FIG. 2 is a plan view of a mold according to the present invention.

FIG. 3 is a schematic explanatory view (cross-sectional view) showing a relationship between a mold and a casting slab in conventional DC casting.

FIG. 4 is an explanatory diagram showing a relationship between a rolling slab and its internal structure.

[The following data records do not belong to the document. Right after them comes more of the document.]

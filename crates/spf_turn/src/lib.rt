//! The turn: a lock that hands out one value with a tale of entries, and whose passes know what they have seen of it.
//!
//! It stands on spf_base for the answer for want of memory, and on the kit's table of atomic words and slots. Upward it gives
//! one contract: there is one tale, which begins with all that any pass has seen, and in which the entries of a pass's number
//! are exactly those that it added (`Turn`, `PassState`). What holds between any two atomic steps is one record (`IsKept`).
//! Making and closing a turn are linear in the passes. All other calls are constant, but for the wait of `Turn::take`, and
//! only `Turn::new` takes memory.
#![tactic(auto)]

mod board;
mod held;
mod making;
mod pass;
mod plays;
mod rule;
mod turn;
mod view;

pub use held::{Busy, Held};
pub use pass::Pass;
pub use rule::TurnRule;
pub use turn::Turn;
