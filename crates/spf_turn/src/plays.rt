//! What each step on the table tells, and how passes are split and joined.

use crate::rule::TurnRule;
use crate::view::View;
use atomic_table::{Join, Play, Split};
use std::marker::PhantomData;

pub(crate) struct Try<R> {
    rule: PhantomData<R>,
}

impl<T, R: TurnRule<T>> Play<Option<T>, View<R::Key, R::Entry>> for Try<R> {
    ghost use Rattle.spf_turn.specs.Steps.{Tried};

    ghost then = { Tried R.key R.tale R.who };
}

pub(crate) struct Give;

impl<T, K, E> Play<Option<T>, View<K, E>> for Give {
    ghost use Rattle.spf_turn.specs.Steps.{Gave};

    ghost then = { Gave };
}

pub(crate) struct Add<R> {
    rule: PhantomData<R>,
}

impl<T, R: TurnRule<T>> Play<Option<T>, View<R::Key, R::Entry>> for Add<R> {
    ghost use Rattle.spf_turn.specs.Steps.{Added};

    ghost then = { Added R.tale };
}

pub(crate) struct Look<R> {
    rule: PhantomData<R>,
}

impl<T, R: TurnRule<T>> Play<Option<T>, View<R::Key, R::Entry>> for Look<R> {
    ghost use Rattle.spf_turn.specs.Steps.{Looked};

    ghost then = { Looked R.key R.tale R.who };
}

pub(crate) struct Next;

impl<K, E> Split<View<K, E>> for Next {
    ghost use Rattle.spf_turn.specs.Steps.{split_left, split_right};

    ghost left = { split_left };

    ghost right = { split_right };
}

pub(crate) struct Gather;

impl<K, E> Join<View<K, E>> for Gather {
    ghost use Rattle.spf_turn.specs.Steps.{join_both, spent};

    ghost both = { join_both };

    ghost spent = { spent };
}
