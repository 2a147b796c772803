//! Passes.

ghost use Rattle.std.specs.Prelude.{◌≡◌};
ghost use Rattle.spf_turn.specs.Seats.{IsSeated, pass_state};

use crate::board::Place;
use crate::rule::TurnRule;
use std::marker::Model;

/// A seat at a turn, with its number. What it has seen, its own entries and its tries exist in contracts alone
/// (`PassState`).
pub struct Pass<T, R: TurnRule<T>> {
    pub(crate) number: u32,
    pub(crate) seat: Place<T, R>,
}

impl<T, R: TurnRule<T>> Model for Pass<T, R> {
    ghost use Rattle.spf_turn.specs.Passes.{PassState};
    ghost use Rattle.spf_turn.specs.Seats.{IsSeated, pass_state};

    ghost Value = { PassState R.Key R.Entry };

    ghost view = { λ pass. pass_state pass.seat.table_id pass.seat.me.0 };

    ghost invariant = { λ pass. IsSeated pass.number pass.seat.me };
}

impl<T, R: TurnRule<T>> Pass<T, R> {
    pub fn number(&self) -> u32
        ensures { result ≡ self.now.number }
    {
        self.number
    }

    pub(crate) fn into_seat(self) -> Place<T, R>
        ensures state { self ≡ pass_state result.table_id result.me.0 }
        ensures seated { IsSeated self.number result.me }
    {
        let Self { number: _, seat } = self;
        seat
    }
}

impl<T, R: TurnRule<T>> Drop for Pass<T, R> {
    fn drop(self) {
        let Self { number: _, seat } = self;
        drop(seat);
    }
}
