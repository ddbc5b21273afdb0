//! The file or folder at a path, name by name: a tree's entries, the one of a name, and what its mode means.

ghost use Rattle.std.specs.Prelude.{◌≡◌, map, List, IfOk, IfErr, IsErrOf, None, option_map, option_and_then};
ghost use Rattle.gix_hash.specs.Id.{Id, id_of};
ghost use Rattle.gix_object_lines.specs.declared.kind.Kind.TheVariants as objects;
ghost use Rattle.gix_object_tree.specs.Entry.{Item, item_of};
ghost use Rattle.gix_object_tree.specs.Mode.{kind_of};
ghost use Rattle.gix_object_any.specs.Object.{Tree};
ghost use Rattle.gix_object_find.specs.Values.{StandsAs};
ghost use Rattle.gix_object_nodes.specs.Files.{named};
ghost use Rattle.history_model.specs.Objects as model;
ghost use Rattle.history_files.specs.Reading.{entry_of, named_as, named_by, TreeFault, OfFiles, OwnFault, StepsBelow, TellsUnread, unless_memory};
ghost use Rattle.history_files.specs.declared.error.ReadError.TheVariants.{Failed, Broken};
ghost use Rattle.history_files.specs.declared.found.Found.TheVariants.{File, Folder};

use crate::error::ReadError;
use crate::paths::names_of;
use gix_hash::ObjectId;
use gix_object_lines::decode;
use gix_object_lookup::{self as lookup, FindInto};
use gix_object_tree::tree::{EntryKind, EntryMode, EntryRef};
use history_model::FileKind;
use std::alloc::Global;

/// What is at a path.
#[derive(Clone, Copy, PartialEq, Eq)]
pub enum Found {
    /// A file.
    File {
        /// What the file is.
        kind: FileKind,
        /// The id of its bytes.
        id: ObjectId,
    },
    /// A folder: there are files below the path.
    Folder {
        /// The id of its tree.
        id: ObjectId,
    },
}

/// Returns what is at a path of a root's files: a file, a folder, or nothing. The root is the id of
/// a tree.
///
/// Returns `Failed` if a lookup failed, `Broken` if a tree on the path is missing or can't be read,
/// and `Memory` if no memory is left.
pub fn entry_at<S: FindInto>(
    alloc: Global,
    store: &S,
    root: &ObjectId,
    path: &[u8],
) -> Result<Option<Found>, ReadError>
    ensures found { OfFiles (S.is_honest store.now) (S.table store.now) (id_of root.now)
        (λ kind files. IfOk result (λ found.
        option_map entry_of found ≡ model.entry_at kind files path.now)) }
    ensures refused { OfFiles (S.is_honest store.now) (S.table store.now) (id_of root.now)
        (λ kind files. IfErr result (OwnFault (S.may_fail store.now))) }
    ensures broken { IfErr result (TellsUnread (S.is_honest store.now) (S.table store.now)) }
    ensures failed { IsErrOf result Failed → S.may_fail store.now }
{
    let names = names_of(alloc, path)?;
    let mut found = Found::Folder { id: *root };
    for name in names.as_slice() {
        match below(alloc, store, found, name)? {
            Some(next) => found = next,
            None => return Ok(None),
        }
    }
    Ok(Some(found))
}

// Returns what has this name in what was found: nothing, if that is a file.
fn below<S: FindInto>(
    alloc: Global,
    store: &S,
    found: Found,
    name: &[u8],
) -> Result<Option<Found>, ReadError>
    ensures found { S.is_honest store.now → IfOk result (λ next.
        StepsBelow (S.table store.now) found name.now next) }
    ensures refused { IfErr result (λ error. (tree : ObjectId) × (found ≡ Folder tree)
        × TreeFault (S.is_honest store.now) (S.may_fail store.now) (S.table store.now)
        (id_of tree) error) }
{
    match found {
        Found::File { .. } => Ok(None),
        Found::Folder { id } => named_in(alloc, store, &id, name),
    }
}

// Returns what has this name in the tree of this id.
fn named_in<S: FindInto>(
    alloc: Global,
    store: &S,
    tree: &ObjectId,
    name: &[u8],
) -> Result<Option<Found>, ReadError>
    ensures found { S.is_honest store.now → IfOk result (λ found. (items : List Item)
        → StandsAs (S.table store.now) (id_of tree.now) objects.Tree (Tree items)
        → option_map entry_of found ≡ option_and_then named_by (named name.now items)) }
    ensures refused { IfErr result
        (TreeFault (S.is_honest store.now) (S.may_fail store.now) (S.table store.now)
        (id_of tree.now)) }
{
    let mut buffer = Vec::new(alloc);
    let entries = entries_of(alloc, store, tree, &mut buffer)?;
    Ok(named_among(entries.as_slice(), name))
}

// Returns the entries of the tree of this id, whose content is put into the buffer.
pub(crate) fn entries_of<'a, S: FindInto>(
    alloc: Global,
    store: &S,
    tree: &ObjectId,
    buffer: &'a mut Vec<u8>,
) -> Result<Vec<EntryRef<'a>>, ReadError>
    ensures read { S.is_honest store.now → IfOk result (λ entries.
        StandsAs (S.table store.now) (id_of tree.now) objects.Tree
        (Tree (map item_of entries.items))) }
    ensures refused { IfErr result
        (TreeFault (S.is_honest store.now) (S.may_fail store.now) (S.table store.now)
        (id_of tree.now)) }
{
    let content = lookup::entries_of(store, tree.as_oid(), buffer)?;
    match content.entries(alloc) {
        Ok(entries) => Ok(entries),
        Err(error) => Err(decode_error(error, *tree)),
    }
}

// Returns why a tree's content isn't read.
fn decode_error(error: decode::Error, oid: ObjectId) -> ReadError
    ensures { result ≡ unless_memory error (Broken oid) }
{
    match error {
        decode::Error::Memory => ReadError::Memory,
        _ => ReadError::Broken { oid },
    }
}

// Returns what the first entry of this name names.
fn named_among(entries: &[EntryRef<'_>], name: &[u8]) -> Option<Found>
    ensures { option_map entry_of result
        ≡ option_and_then named_by (named name.now (map item_of entries.now)) }
{
    for entry in entries {
        if name == entry.filename.as_bytes() {
            return found_by(entry);
        }
    }
    None
}

// Returns what an entry names; a submodule is neither a file nor a folder.
fn found_by(entry: &EntryRef<'_>) -> Option<Found>
    ensures { option_map entry_of result ≡ named_by (item_of entry.now) }
{
    found_of(entry.mode, ObjectId::from(entry.oid))
}

/// Returns what an entry of this mode names.
pub(crate) fn found_of(mode: EntryMode, id: ObjectId) -> Option<Found>
    ensures { option_map entry_of result ≡ named_as (kind_of mode.value) (id_of id) }
{
    match mode.kind() {
        EntryKind::Tree => Some(Found::Folder { id }),
        EntryKind::Blob => Some(file(FileKind::File, id)),
        EntryKind::BlobExecutable => Some(file(FileKind::Exec, id)),
        EntryKind::Link => Some(file(FileKind::Link, id)),
        EntryKind::Commit => None,
    }
}

fn file(kind: FileKind, id: ObjectId) -> Found
    ensures { result ≡ File kind id }
{
    Found::File { kind, id }
}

[Explanation of symbols] 1 molten metal 2 solidified metal 21 frame structure 211 chill layer 212 coarse cell layer (columnar crystal) 22 fine cell layer (granular crystal) 2a solidified outer surface of slab 3 water-cooled mold 3a molten metal side thickness 3b water chamber 3c Water radiating nozzle 3d Radiant cooling water 7 Air gap 30 Two-stage water cooling mold 31 Upper mold 31a Molten metal side thickness 31b Primary cooling water chamber 31c Primary cooling water inlet 31d Primary cooling water outlet 32 Lower mold 32a Solidified metal side thickness 32b Two Secondary cooling water chamber 32c Secondary cooling water radiation nozzle 32d Secondary cooling water radiation 33 Insulation material

Claims (4)

[Claims] 1. A metal water-cooled mold for semi-continuous casting, in which molten metal is injected from above into a rectangular water-cooled mold having an open bottom, and solidified metal is continuously taken out from the bottom of the mold, wherein the water-cooled mold is an upper mold. The lower mold has a two-stage structure. The upper mold has a sufficiently thick wall on the molten metal side, and the primary cooling water in the upper mold flows from the short side of the mold and flows out from a large number of outlets all around the mold. Discharge to the outside, the lower mold has a sufficiently thin wall thickness on the solidified metal side, and the secondary cooling water in the lower mold flows in from the shorter side of the mold to radiatively cool the solidified metal from the entire inner circumference of the lower part of the mold. A mold for vertical semi-continuous casting of a non-ferrous metal slab, which is characterized in that 2. The vertical semi-continuous casting mold for a non-ferrous metal slab according to claim 1, wherein the metal is aluminum or an aluminum alloy. 3. The wall thickness of the upper mold is 40 to 40 on the molten metal side.
60 mm, the lower mold has a wall thickness on the solidified metal side of 5 to 10
mm, The mold for vertical semi-continuous casting of a non-ferrous metal slab according to claim 1 or 2, wherein 4. The angle of radiatively cooling the secondary cooling water to the solidified metal is 20 to 30 ° with respect to the surface of the solidified metal, according to any one of claims 1, 2 and 3. A mold for vertical semi-continuous casting of a non-ferrous metal slab described in.